森本さん:「社内からは、『地域循環型社会の共創』という当社のパーパスについて、ふんわりとしか掴めていなかったけれど、Lumiarchの記事で具体例を見て『こういうことか』と納得できたという声がありました。地域共創は言葉が大きいので、実際の事例を見るとわかりやすいということだと思います。地域共創について知りたい人が具体例を探してたどり着くサイトを目指したいです」
佐藤さん:「達成目標として数字的なKPIはありますが、それとは別にメディアとして名のある存在になりたいという目標があります。あるメディア関係者から『メディアは取材して欲しいと問い合わせがきてようやく一人前』という言葉を聞いてまさにその通りだと感じました。私達はメディアとしてはまだまだ駆け出しです。取材窓口はサイト下部に記載があります。ぜひ問い合わせてください。お待ちしています」
○■地域共創の具体例を探す人がたどり着くサイト
地方創生や共創、循環型社会といった言葉は、大変多くの要素を内包しており、漠然としたイメージから具体例が思いつかない人も少なくないはずだ。Lumiarchはそうした人達が「こういうことだったのか」と知って、学んで、考えを深められる、そんなサイトと言えそうだ。
特に地方創生に取り組む人は、他の人の事例として参考にするのはもちろん、是非取材してほしいと問い合わせてみてはいかがだろうか。

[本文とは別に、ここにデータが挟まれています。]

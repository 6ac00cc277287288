// The rows of the canonical book (document 02, request six), from a table whose lines grow by 0 or 1 at each step: counted, and written, 8 bytes each, by type,
// then end. Nothing is refused: each function requires just the entries that it reads and the room that it writes to. The contracts cite canonical_model's
// `specs/CornerRows.antt` and `specs/Lines.antt`.
#![tactic(auto)]

mod counting; // counting.rt: how many rows there are
mod turns; // turns.rt: whether a line turns
mod writing; // writing.rt: the rows, written

ghost use Rattle.std.specs.Prelude.{◌≡◌, ◌+◌, ◌*◌, ◌≤◌, length};
ghost use Rattle.closing_model.specs.Table.{view};
ghost use Rattle.canonical_model.specs.CornerRows.{canonical_rows};
ghost use Rattle.canonical_rows.specs.Lines.{AllLines, RowsWritten};

// How many rows the corners of the first k types need.
pub fn count_rows(lowers: &[u16], uppers: &[u16], n: usize, k: usize) -> usize
    requires { AllLines n k lowers.now uppers.now }
    ensures { result ≡ length (canonical_rows n k (view lowers.now uppers.now)) }
{
    let mut count = 0;
    for v in 0..k {
        count += counting::count_line(lowers, uppers, n, v);
    }
    count
}

// Writes the rows of the first k types into out from place on. The place behind them.
pub fn write_rows(
    lowers: &[u16],
    uppers: &[u16],
    n: usize,
    k: usize,
    out: &mut [u8],
    place: usize,
) -> usize
    requires { AllLines n k lowers.now uppers.now × (place + 8 * length (canonical_rows n k (view lowers.now uppers.now)) ≤ length out.old) }
    ensures { RowsWritten (canonical_rows n k (view lowers.now uppers.now)) out.old place out.new result }
{
    let mut next = place;
    for v in 0..k {
        next = writing::write_line(lowers, uppers, n, v, out, next);
    }
    next
}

著者 : 諸山泰三 もろやまたいぞう PC雑誌の編集者としてキャリアをスタートし、家電流通専門誌の編集や家電のフリーペーパーの編集長を経験。現在はPCやIT系から家電の記事まで幅広くカバーするフリーランスのライター兼編集者として東奔西走する。地元である豊島区大塚近辺でローカルメディアの活動にも関わり出した。好きなお酒にドクターストップが掛かり、血圧を下げるべく、体質改善に努める日々を送る。 この著者の記事一覧はこちら(諸山泰三)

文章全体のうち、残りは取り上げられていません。